Recent visual generative models often struggle with consistency during image editing due to the entangled nature of raster images, where all visual content is fused into a single canvas. In contrast, professional design tools employ layered representations, allowing isolated edits while preserving consistency. Motivated by this, we propose \textbf{Qwen-Image-Layered}, an end-to-end diffusion model that decomposes a single RGB image into multiple semantically disentangled RGBA layers, enabling \textbf{inherent editability}, where each RGBA layer can be independently manipulated without affecting other content. To support variable-length decomposition, we introduce three key components: (1) an RGBA-VAE to unify the latent representations of RGB and RGBA images; (2) a VLD-MMDiT (Variable Layers Decomposition MMDiT) architecture capable of decomposing a variable number of image layers; and (3) a Multi-stage Training strategy to adapt a pretrained image generation model into a multilayer image decomposer. Furthermore, to address the scarcity of high-quality multilayer training images, we build a pipeline to extract and annotate multilayer images from Photoshop documents (PSD). Experiments demonstrate that our method significantly surpasses existing approaches in decomposition quality and establishes a new paradigm for consistent image editing. Our code and models are released on \href{https://github.com/QwenLM/Qwen-Image-Layered}{https://github.com/QwenLM/Qwen-Image-Layered}

Paper Structure

This paper contains 21 sections, 4 equations, 6 figures, 3 tables.

Figures (6)

  • Figure 1: Qwen-Image-Layered is capable of decomposing an input image into multiple semantically disentangled RGBA layers, thereby enabling inherent editability, where each layer can be independently manipulated without affecting other content.
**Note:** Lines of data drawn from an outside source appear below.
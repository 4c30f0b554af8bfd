//! Marks, and metadata, which is passed over.

ghost use Rattle.std.specs.Prelude.{◌≡◌};
ghost use Rattle.text_reader.specs.Reading.{Gives, mark_at, behind_metadata, behind_pairs};

use crate::fault::ReadError;
use text_symbols::{Mark, Sym};

/// The symbols behind a mark.
pub fn mark_of(symbols: &[Sym], mark: Mark) -> Result<&[Sym], ReadError>
    ensures { Gives (λ x. x.now) result (mark_at mark symbols.now) }
{
    match symbols {
        [Sym::Mark(m), rest @ ..] if m.number() == mark.number() => Ok(rest),
        _ => Err(ReadError::Syntax),
    }
}

/// The symbols behind an instruction's metadata.
pub fn metadata_of(symbols: &[Sym]) -> &[Sym]
    ensures { result.now ≡ behind_metadata symbols.now }
{
    let mut rest = symbols;
    while let [Sym::Mark(Mark::Comma), Sym::Meta, Sym::Meta, after @ ..] = rest {
        rest = after;
    }
    rest
}

/// The symbols behind a function's metadata.
pub fn pairs_of(symbols: &[Sym]) -> &[Sym]
    ensures { result.now ≡ behind_pairs symbols.now }
{
    let mut rest = symbols;
    while let [Sym::Meta, Sym::Meta, after @ ..] = rest {
        rest = after;
    }
    rest
}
  • Figure 4: Overview of Qwen-Image-Layered. Left: Illustration of our proposed VLD-MMDiT (Variable Layers Decomposition MMDiT), where the input RGB image and the target RGBA layers are both encoded by our proposed RGBA-VAE. During attention computation, these two sequences are concatenated along the sequence dimension, thereby enhancing inter-layer and intra-layer interactions. Right: Illustration of Layer3D RoPE, where a new layer dimension is introduced to support a variable number of layers.
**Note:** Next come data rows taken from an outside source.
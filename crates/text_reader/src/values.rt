//! Readers of values, labels and alignments.

ghost use Rattle.std.specs.Prelude.{◌≡◌};
ghost use Rattle.text_reader.specs.Reading.{Gives};
ghost use Rattle.text_reader.specs.Values.{named_at, word_value, constant_at, value_at, typed_at, arg_at, local_at, global_at, target_at, align_at};

use crate::attrs::behind_attrs;
use crate::fault::ReadError;
use crate::locals::Locals;
use crate::types::type_of;
use ir_base::{Data, Name, ValueId};
use ir_model::{Arg, Operand};
use std::alloc::Global;
use text_symbols::{Ident, Mark, Sym, Word};

/// A value of one word.
fn word_value(word: Word) -> Option<Operand>
    ensures { result ≡ word_value word }
{
    match word {
        Word::True => Some(Operand::True),
        Word::False => Some(Operand::False),
        Word::Null => Some(Operand::Null),
        Word::None => Some(Operand::None),
        Word::Poison => Some(Operand::Poison),
        _ => None,
    }
}

/// The name in a symbol.
pub fn name_of(alloc: Global, ident: &Ident) -> Result<Name, ReadError>
    ensures { Gives (λ x. x) result ident.now }
{
    match ident.name() {
        Some(name) => Ok(name.copied(alloc)?),
        None => Err(ReadError::Syntax),
    }
}

/// The position of the name that is written, which is added where it is new.
pub fn place_of(alloc: Global, names: &mut Locals, ident: &Ident) -> Result<ValueId, ReadError>
    ensures { Gives (λ x. (x, names.new)) result (named_at names.old ident.now) }
{
    let name = name_of(alloc, ident)?;
    Ok(names.place(name)?)
}

/// A local's position among the names, and the symbols behind it.
pub fn local_of<'a>(
    alloc: Global,
    names: &mut Locals,
    symbols: &'a [Sym],
) -> Result<(ValueId, &'a [Sym]), ReadError>
    ensures { Gives (λ x. (x.0, names.new, x.1.now)) result (local_at names.old symbols.entry.now) }
{
    match symbols {
        [Sym::Local(ident), rest @ ..] => Ok((place_of(alloc, names, ident)?, rest)),
        _ => Err(ReadError::Syntax),
    }
}

/// The name of a global or a function, and the symbols behind it.
pub fn global_of(alloc: Global, symbols: &[Sym]) -> Result<(Name, &[Sym]), ReadError>
    ensures { Gives (λ x. (x.0, x.1.now)) result (global_at symbols.now) }
{
    match symbols {
        [Sym::Global(ident), rest @ ..] => Ok((name_of(alloc, ident)?, rest)),
        _ => Err(ReadError::Syntax),
    }
}

/// A value that holds no local, and the symbols behind it.
pub fn constant_of(alloc: Global, symbols: &[Sym]) -> Result<(Operand, &[Sym]), ReadError>
    ensures { Gives (λ x. (x.0, x.1.now)) result (constant_at symbols.now) }
{
    match symbols {
        [Sym::Global(ident), rest @ ..] => Ok((Operand::Global(name_of(alloc, ident)?), rest)),
        [Sym::Int(n), rest @ ..] => Ok((Operand::Number(i128::from(*n)), rest)),
        [Sym::Negative(n), rest @ ..] => Ok((Operand::Number(-i128::from(*n)), rest)),
        [Sym::Word(word), rest @ ..] => match word_value(*word) {
            Some(value) => Ok((value, rest)),
            None => Err(ReadError::Syntax),
        },
        _ => Err(ReadError::Syntax),
    }
}

/// A value, and the symbols behind it.
#[tactic(auto, unfolding(crate::specs::Values::value_at))]
pub fn value_of<'a>(
    alloc: Global,
    names: &mut Locals,
    symbols: &'a [Sym],
) -> Result<(Operand, &'a [Sym]), ReadError>
    ensures { Gives (λ x. (x.0, names.new, x.1.now)) result (value_at names.old symbols.entry.now) }
{
    match symbols {
        [Sym::Local(ident), rest @ ..] => {
            let id = place_of(alloc, names, ident)?;
            Ok((Operand::Local(id), rest))
        }
        _ => constant_of(alloc, symbols),
    }
}

/// A type and a value, and the symbols behind them.
#[tactic(auto, unfolding(crate::specs::Values::typed_at))]
pub fn typed_of<'a>(
    alloc: Global,
    names: &mut Locals,
    symbols: &'a [Sym],
) -> Result<(Arg, &'a [Sym]), ReadError>
    ensures { Gives (λ x. (x.0, names.new, x.1.now)) result (typed_at names.old symbols.entry.now) }
{
    let (ty, rest) = type_of(alloc, symbols)?;
    let (value, rest) = value_of(alloc, names, rest)?;
    Ok((Arg { ty, value }, rest))
}

/// An argument of a call, and the symbols behind it.
#[tactic(auto, unfolding(crate::specs::Values::arg_at))]
pub fn arg_of<'a>(
    alloc: Global,
    names: &mut Locals,
    symbols: &'a [Sym],
) -> Result<(Arg, &'a [Sym]), ReadError>
    ensures { Gives (λ x. (x.0, names.new, x.1.now)) result (arg_at names.old symbols.entry.now) }
{
    let (ty, rest) = type_of(alloc, symbols)?;
    let rest = behind_attrs(alloc, rest)?;
    let (value, rest) = value_of(alloc, names, rest)?;
    Ok((Arg { ty, value }, rest))
}

/// The position of the label that is branched to, and the symbols behind it.
pub fn target_of<'a>(
    alloc: Global,
    names: &mut Locals,
    symbols: &'a [Sym],
) -> Result<(ValueId, &'a [Sym]), ReadError>
    ensures { Gives (λ x. (x.0, names.new, x.1.now)) result (target_at names.old symbols.entry.now) }
{
    match symbols {
        [Sym::Word(Word::Label), rest @ ..] => local_of(alloc, names, rest),
        _ => Err(ReadError::Syntax),
    }
}

/// The alignment that is written there, and the symbols behind it. A negative one, which no rule allows, counts as 0.
pub fn align_of(symbols: &[Sym]) -> (Option<u64>, &[Sym])
    ensures { (result.0, result.1.now) ≡ align_at symbols.now }
{
    match symbols {
        [
            Sym::Mark(Mark::Comma),
            Sym::Word(Word::Align),
            Sym::Int(n),
            rest @ ..,
        ] => { (Some(*n), rest) }
        [
            Sym::Mark(Mark::Comma),
            Sym::Word(Word::Align),
            Sym::Negative(_),
            rest @ ..,
        ] => (Some(0), rest),
        _ => (None, symbols),
    }
}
  • Figure 5: Statistics of the processed multilayer image dataset. (a) Distribution of layer counts before and after merging. (b) Category distribution in the final dataset.
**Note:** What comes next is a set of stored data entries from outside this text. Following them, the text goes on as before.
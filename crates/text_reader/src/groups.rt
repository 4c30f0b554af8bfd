//! Sets of attribute groups.

ghost use Rattle.std.specs.Prelude.{◌≡◌, OnOk, OnErr, IfOk, []};
ghost use Rattle.text_reader.specs.Groups.{with_group, has_group, has_none};

use indexmap::IndexSet;
use ir_base::Items;
use std::alloc::{AllocError, Global};
use std::marker::Model;

/// Attribute groups, by the digits of their numbers without leading zeros.
#[derive(Drop)]
pub struct Groups {
    numbers: IndexSet<Items<u8>>,
}

impl Model for Groups {
    ghost use Rattle.std.specs.Prelude.{List, ℕ};

    ghost Value = { List (List ℕ) };

    ghost view = { λ a. a.numbers.keys };
}

impl Groups {
    /// No groups.
    pub fn new(alloc: Global) -> Self
        ensures { result ≡ [] }
    {
        Groups {
            numbers: IndexSet::new(alloc),
        }
    }

    /// Adds a group.
    pub fn add(&mut self, number: Items<u8>) -> Result<(), AllocError>
        ensures ok { OnOk result (self.new ≡ with_group self.old number) }
        ensures err { OnErr result (self.new ≡ self.old) }
    {
        self.numbers.insert_full(number)?;
        Ok(())
    }

    pub fn contains(&self, number: &Items<u8>) -> bool
        ensures { result ≡ has_group self.now number.now }
    {
        self.numbers.contains(number)
    }

    pub fn is_empty(&self) -> bool
        ensures { result ≡ has_none self.now }
    {
        self.numbers.is_empty()
    }
}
  • Figure 6: Qualitative comparison of Image-to-Multi-RGBA (I2L). The leftmost column shows the input image; the subsequent columns present the decomposed layers. Notably, LayerD suzuki2025layerd exhibits inpainting artifacts (Output Layer 1) and inaccurate segmentation (Output Layer 2 and 3), while our method produces high-quality, semantically disentangled layers, suitable for inherently consistent image editing.
  • Figure 7: Qualitative comparison of image editing. The leftmost column is the input image; prompts are listed above each row. Qwen-Image-Edit-2509 wu2025qwen struggles with resizing and repositioning, tasks inherently supported by Qwen-Image-Layered. Meanwhile, Qwen-Image-Edit-2509 introduces pixel-level shifts (last row), while Qwen-Image-Layered can ensure consistency by editing specific layers.